Leading with Empathy: Samantha Cajamarca’s Path from Advocacy to Medicine
For Samantha Cajamarca, advocacy began at home. Growing up in Queens as the eldest daughter in an immigrant family, she often found herself navigating the complexities of a new country on behalf of her parents — translating at doctor’s appointments, managing paperwork, and caring for her younger siblings. “Those early responsibilities taught me what it means to advocate for others,” she reflects. “They also gave me a deep sense of empathy and a front-row seat to how barriers like language and income shape lives.”
Those formative experiences became the foundation for her studies in sociology at the Colin Powell School, where she explored the systemic challenges that underserved communities face. “I saw how systems often failed families like mine,” she says. “Studying sociology gave me the tools to not only recognize those injustices, but also think critically about how to address them.” Through her education, Samantha has cultivated a vision rooted in advocacy, equity, and public service — and she’s determined to make that vision a reality through a career in medicine.
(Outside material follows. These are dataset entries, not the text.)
//! Laws over all bytes.

ghost use Rattle.std.specs.Prelude.{◌≡◌, ◌⊎◌};
ghost use Rattle.text_core.specs.Names.{Text};
ghost use Rattle.proof_text.specs.declared.refusal.ScriptRefusal.{ScriptRefusal};
ghost use Rattle.proof_text.specs.Values.{Written};
ghost use Rattle.proof_text.specs.Proper.{IsProper};
ghost use Rattle.proof_text.specs.Scripts.{IsScriptOf, ProofFault};
ghost use Rattle.proof_text.specs.ScriptOf.{script_of};
ghost use Rattle.proof_text.specs.StandsFor.{Stands};
ghost use Rattle.proof_text.specs.declared.part.Edition.{Edition};
ghost use Rattle.signature.specs.Numbers.{AreDistinctConstants};
ghost use Rattle.vernacular_tree.specs.Preorders.{IsBounded};
ghost use Rattle.vernacular_tree.specs.Rules.{Proves};
ghost use Rattle.vernacular_tree.specs.declared.tree.Body.{Body};
ghost use Rattle.coherent_form.specs.Kept.{IsRight};
ghost use Rattle.coherent_form.specs.Tasks.{CitedTask, proof_task};

use coherent_form::printed_names_differ;

/// Bytes spell one script at most.
pub fn scripts_are_one()
    ensures { (bytes : Text) (a b : Written) → IsScriptOf bytes a → IsScriptOf bytes b → a ≡ b }
{}

/// Bytes have one refusal at most.
pub fn refusals_are_one()
    ensures { (bytes : Text) (a b : ScriptRefusal) →
        ProofFault bytes a → ProofFault bytes b → a ≡ b }
{}

/// Bytes that spell a script are not refused.
pub fn never_script_and_refusal()
    ensures { (bytes : Text) (script : Written) (refusal : ScriptRefusal) →
        IsScriptOf bytes script → ProofFault bytes refusal → ⊥ }
{}

/// Bytes spell a script, or are refused.
pub fn script_or_refusal()
    ensures { (bytes : Text) →
        ((script : Written) × IsScriptOf bytes script) ⊎
        ((refusal : ScriptRefusal) × ProofFault bytes refusal) }
{}

/// A script that bytes spell has what each script has.
pub fn scripts_are_proper()
    ensures { (bytes : Text) (script : Written) → IsScriptOf bytes script → IsProper script }
{}

/// The script that is written for a proof of a task, of either version, stands for that proof.
pub fn proof_scripts_stand()
    ensures { (edition : Edition) (task : CitedTask) (body : Body) →
        AreDistinctConstants task.tables.constants → IsRight task → IsBounded body →
        Proves (proof_task task) body → Stands task (script_of edition task body) body }
{
    printed_names_differ();
}
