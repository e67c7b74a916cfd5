ghost use Rattle.std.specs.Prelude.{◌≡◌};
ghost use Rattle.proof_text.specs.Grammar as grammar;
ghost use Rattle.proof_text.specs.Stepping.{DoesStep};

use crate::fixed::Fixed;
use crate::mark::{Integer, Mark, Token};
use crate::watch::{Limit, Tally};
use crate::{body_steps as bodies, cite_steps as cites, line_steps as lines};
use text_core::Memory;
use token_grammar::{Part, Step, expand};

/// The version of a proof text.
#[derive(Clone, Copy, Debug)]
pub enum Edition {
    /// `1`
    First,
    /// `2`
    Second,
}

/// A part of the grammar of proof texts, factored so that the next token chooses the row that it
/// stands for.
#[derive(Clone, Copy, Debug)]
pub enum TextPart {
    /// One token.
    Taken(Taker),
    /// A rule with rows.
    Row(Rule),
}

/// What takes one token, with what the builder does there.
#[derive(Clone, Copy, Debug)]
pub enum Taker {
    /// The token with this text.
    Fixed(Fixed, Act),
    /// A name.
    Name(Naming),
    /// A number.
    Number(Counting),
    /// `1`
    One(Act),
    /// `2`
    Two(Act),
    /// Another integer in the place of the version, which the watcher refuses.
    WrongVersion,
}

/// What a name is there for.
#[derive(Clone, Copy, Debug)]
pub enum Naming {
    /// A name of a list, or an argument of an atom: a word.
    Listed,
    /// The name of a formula: a word or an integer.
    Cited,
    /// The predicate of a built-in axiom: a word.
    Symbol,
    /// A universal variable: an upper word.
    Label,
    /// The value of a variable: a word.
    Bound,
    /// The predicate of an atom, or the left side of an equation: a word.
    Predicate,
    /// The right side of an equation: a word.
    Equal,
    /// The right side of an inequality: a word.
    Unequal,
}

/// What a number is there for.
#[derive(Clone, Copy, Debug)]
pub enum Counting {
    /// The rank under a name.
    Rank,
    /// The arity of a predicate.
    Arity,
    /// A place of a predicate.
    Place,
    /// A disjunct of the goal.
    Disjunct,
    /// The line of a split.
    Line,
    /// The most rule applications of a gap, from 1 to `MOST_WITHIN`.
    Within,
}

/// A part that stands for rows of parts.
#[derive(Clone, Copy, Debug)]
pub enum Rule {
    /// A whole proof text.
    Text,
    /// A proof text behind its first word.
    Version,
    /// Nothing at all can stand here: behind a version that there is not.
    Never,
    /// The names that are taken.
    Head,
    /// Names in brackets.
    Names,
    /// Names between brackets.
    ListedNames,
    /// Further names.
    MoreNames,
    /// Steps and an end.
    Body(Edition),
    /// A step.
    Step(Edition),
    /// A step from its line on.
    Given(Edition),
    /// The end of a body.
    Finish(Edition),
    /// The end of a split.
    SplitEnd,
    /// A case.
    Case(Edition),
    /// Further cases.
    MoreCases(Edition),
    /// The facts of a case.
    CaseHead(Edition),
    /// A citation.
    Cite,
    /// A rank under a name: 1, or a number.
    Rank,
    /// The symbol of `$sub`, with its sign.
    SignedSymbol,
    /// A symbol and its arity.
    Symbol,
    /// Values of variables in brackets.
    Binds,
    /// Values of variables between brackets.
    ListedBinds,
    /// Further values of variables.
    MoreBinds,
    /// The value of a variable.
    Bind,
    /// A line.
    Line,
    /// What follows a first part that is no atom and in no brackets: nothing, or further parts.
    AfterTrue,
    /// What follows a first atom: nothing, further atoms, or further parts.
    AfterAtom,
    /// What follows a first part in brackets: further parts.
    AfterGroup,
    /// Parts behind the second.
    Bars,
    /// A part of a line.
    LinePart,
    /// Atoms in brackets.
    Group,
    /// Further atoms.
    MoreAtoms,
    /// Facts.
    Facts,
    /// An atom.
    Atom,
    /// What follows an atom's first word: nothing, arguments, or the rest of an equation.
    AfterWord,
    /// What follows the predicate of a negated atom: nothing, or arguments.
    AfterNegated,
    /// Nothing, where the builder does this.
    Does(Pass),
}

/// What the builder does at a token that tells nothing more.
#[derive(Clone, Copy, Debug)]
pub enum Act {
    /// Nothing.
    Nothing,
    /// Begins a text of the first version.
    BeginFirst,
    /// Begins a text of the second version.
    BeginSecond,
    /// Takes the names.
    TakeNames,
    /// Begins names.
    BeginNames,
    /// Keeps the names as an instance.
    KeepArgs,
    /// Begins values of variables.
    BeginBinds,
    /// Keeps the values as an instance.
    KeepBinds,
    /// Keeps the names as those of new elements.
    KeepFresh,
    /// Ends a step whose line is shown.
    EndStep,
    /// Ends a step whose line is left out.
    EndBareStep,
    /// Cites `$refl`.
    CiteRefl,
    /// Cites `$sym`.
    CiteSym,
    /// Cites `$trans`.
    CiteTrans,
    /// Cites `$no` of the symbol.
    CiteNo,
    /// Cites `$or` of the symbol.
    CiteOr,
    /// The symbol's complement is taken.
    SetNegative,
    /// The symbol is equality.
    SetEquality,
    /// Shows falsehood.
    ShowFalsum,
    /// Begins facts.
    BeginAtoms,
    /// Begins the parts of a line with its first one.
    BeginParts,
    /// Adds a part of a line.
    AddPart,
    /// Adds an atom with the names as its arguments.
    AddAtom,
    /// Adds a negated atom with the names as its arguments.
    AddNegated,
    /// Ends by a disjunct of the goal.
    EndAs,
    /// Ends by falsehood.
    EndEfq,
    /// Ends by a gap.
    EndGap,
    /// Begins a split.
    BeginSplit,
    /// Ends a split.
    EndSplit,
    /// Begins a case.
    BeginCase,
    /// Keeps the facts of a case.
    ShowCase,
    /// Leaves the facts of a case out.
    BareCase,
}

/// What the builder does where a rule stands for nothing.
#[derive(Clone, Copy, Debug)]
pub enum Pass {
    /// Nothing.
    Nothing,
    /// Begins facts.
    BeginAtoms,
    /// Cites a formula by its name and rank.
    CiteName,
    /// The symbol is taken as it is.
    SetPositive,
    /// Shows the facts.
    ShowFacts,
    /// Adds a case.
    AddCase,
    /// The rank is 1.
    SetRank,
    /// Shows the cases.
    ShowCases,
    /// Keeps the facts so far.
    KeepAtoms,
    /// Adds an atom without arguments.
    AddPlain,
    /// Adds a negated atom without arguments.
    AddPlainNegated,
    /// Keeps the values of variables so far.
    KeepBound,
    /// Keeps the cases so far.
    KeepCases,
}

impl Naming {
    // Whether the token names what is named here.
    fn names(self, mark: Mark) -> bool
        ensures { result ≡ grammar.names self mark }
    {
        match self {
            Naming::Cited => mark.is_name(),
            Naming::Label => matches!(mark, Mark::Upper),
            _ => mark.is_word(),
        }
    }
}

impl Counting {
    // Whether the token tells what is counted here.
    fn counts(self, mark: Mark) -> bool
        ensures { result ≡ grammar.counts self mark }
    {
        match self {
            Counting::Within => mark.is_few(),
            _ => mark.is_number(),
        }
    }
}

impl Taker {
    // Whether the token is what this takes.
    fn takes(self, mark: Mark) -> bool
        ensures { result ≡ grammar.mark_taken self mark }
    {
        match self {
            Taker::Fixed(fixed, _) => mark.is_fixed(fixed),
            Taker::Name(naming) => naming.names(mark),
            Taker::Number(counting) => counting.counts(mark),
            Taker::One(_) => matches!(mark, Mark::Integer(Integer::One)),
            Taker::Two(_) => matches!(mark, Mark::Integer(Integer::Two)),
            Taker::WrongVersion => mark.is_wrong_version(),
        }
    }
}

impl Rule {
    // Pushes the row that the token asks for, or refuses.
    fn step(self, token: Token, stack: &mut Vec<TextPart>) -> Result<Step, Memory>
        ensures { DoesStep self token stack.old.items stack.new.items result }
    {
        match self {
            Rule::Text => bodies::text(token, stack),
            Rule::Version => bodies::version(token, stack),
            Rule::Never => Ok(Step::Refuse),
            Rule::Head => bodies::head(token, stack),
            Rule::Names => bodies::names(token, stack),
            Rule::ListedNames => bodies::listed_names(token, stack),
            Rule::MoreNames => bodies::more_names(token, stack),
            Rule::Body(edition) => bodies::body(edition, token, stack),
            Rule::Step(edition) => bodies::step(edition, token, stack),
            Rule::Given(edition) => bodies::given(edition, token, stack),
            Rule::Finish(edition) => bodies::finish(edition, token, stack),
            Rule::SplitEnd => bodies::split_end(token, stack),
            Rule::Case(edition) => bodies::case(edition, token, stack),
            Rule::MoreCases(edition) => bodies::more_cases(edition, token, stack),
            Rule::CaseHead(edition) => bodies::case_head(edition, token, stack),
            Rule::Cite => cites::cite(token, stack),
            Rule::Rank => cites::rank(token, stack),
            Rule::SignedSymbol => cites::signed_symbol(token, stack),
            Rule::Symbol => cites::symbol(token, stack),
            Rule::Binds => cites::binds(token, stack),
            Rule::ListedBinds => cites::listed_binds(token, stack),
            Rule::MoreBinds => cites::more_binds(token, stack),
            Rule::Bind => cites::bind(token, stack),
            Rule::Line => lines::line(token, stack),
            Rule::AfterTrue => lines::after_true(token, stack),
            Rule::AfterAtom => lines::after_atom(token, stack),
            Rule::AfterGroup => lines::after_group(token, stack),
            Rule::Bars => lines::bars(token, stack),
            Rule::LinePart => lines::line_part(token, stack),
            Rule::Group => lines::group(token, stack),
            Rule::MoreAtoms => lines::more_atoms(token, stack),
            Rule::Facts => lines::facts(token, stack),
            Rule::Atom => lines::atom(token, stack),
            Rule::AfterWord => lines::after_word(token, stack),
            Rule::AfterNegated => lines::after_negated(token, stack),
            Rule::Does(_) => expand(stack, &[]),
        }
    }
}

impl Part for TextPart {
    type Token = Token;

    type Watch = Tally;

    type Fault = Limit;

    ghost use Rattle.token_grammar.proofs.Laws.{computed_decided};
    ghost use Rattle.proof_text.specs.declared.watch.Tally.{Tally};
    ghost use Rattle.proof_text.specs.Grammar.{proof_texts, proof_text_plan};
    ghost use Rattle.proof_text.specs.GrammarLaw.{proof_text_law};
    ghost use Rattle.proof_text.specs.Watching.{proof_text_watcher, look};

    ghost grammar = { proof_texts };

    ghost plan = { proof_text_plan };

    ghost Seen = { Tally };

    ghost seen = { λ tally. tally };

    ghost watcher = { proof_text_watcher };

    fn may_be_empty(self) -> bool {
        matches!(
            self,
            TextPart::Row(
                Rule::ListedNames
                    | Rule::MoreNames
                    | Rule::MoreCases(_)
                    | Rule::Rank
                    | Rule::ListedBinds
                    | Rule::MoreBinds
                    | Rule::AfterTrue
                    | Rule::AfterAtom
                    | Rule::Bars
                    | Rule::MoreAtoms
                    | Rule::AfterWord
                    | Rule::AfterNegated
                    | Rule::Does(_)
            )
        )
    }

    fn step(self, token: Token, stack: &mut Vec<TextPart>) -> Result<Step, Memory> {
        match self {
            TextPart::Taken(taker) => Ok(if taker.takes(token.mark) {
                Step::Take
            } else {
                Step::Refuse
            }),
            TextPart::Row(rule) => rule.step(token, stack),
        }
    }

    fn note(self, _token: Token, watch: &mut Tally) -> Result<Result<(), Limit>, Memory> {
        Ok(match self {
            TextPart::Taken(Taker::Fixed(Fixed::Mp | Fixed::As | Fixed::Efq | Fixed::Gap, _)) =>
                watch.count(),
            TextPart::Taken(Taker::Fixed(Fixed::Cs, _)) => watch.open_split(),
            TextPart::Taken(Taker::Fixed(Fixed::End, _)) => {
                watch.close();
                Ok(())
            }
            TextPart::Taken(Taker::WrongVersion) => Err(Limit::Version),
            _ => Ok(()),
        })
    }

    ghost predictive = { proof_text_law };

    ghost decided = { computed_decided look };
}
Now in a transitional phase post-graduation, Samantha is taking a gap year to deepen her clinical and research experience while applying to medical school. Her time at the Colin Powell School was instrumental in shaping both her goals and her confidence. “The Fellowship program and the community I found at CPS gave me a sense of clarity about my purpose,” she says. “I realized how connected leadership and service really are.” Through mentorship and support, she began to see her passion for healthcare and justice not just as aspirations, but as achievable goals.
Looking ahead, Samantha hopes to become a physician who not only provides compassionate, culturally responsive care, but also works to address the systemic inequities that impact marginalized populations. “Medicine, for me, is about more than just treatment — it’s about advocacy,” she says. “It’s about showing up for communities that have too often been overlooked.”
To current students, she offers heartfelt advice: “Believe in your own potential, even when things feel uncertain. Ask for help, take the opportunities that scare you, and remember that it’s okay to move at your own pace. Success doesn’t look the same for everyone.”
Asked to describe the Colin Powell School in three words, Samantha doesn’t hesitate: Supportive, empowering, impactful. Much like her own journey — one shaped by service, sustained by purpose, and led by empathy.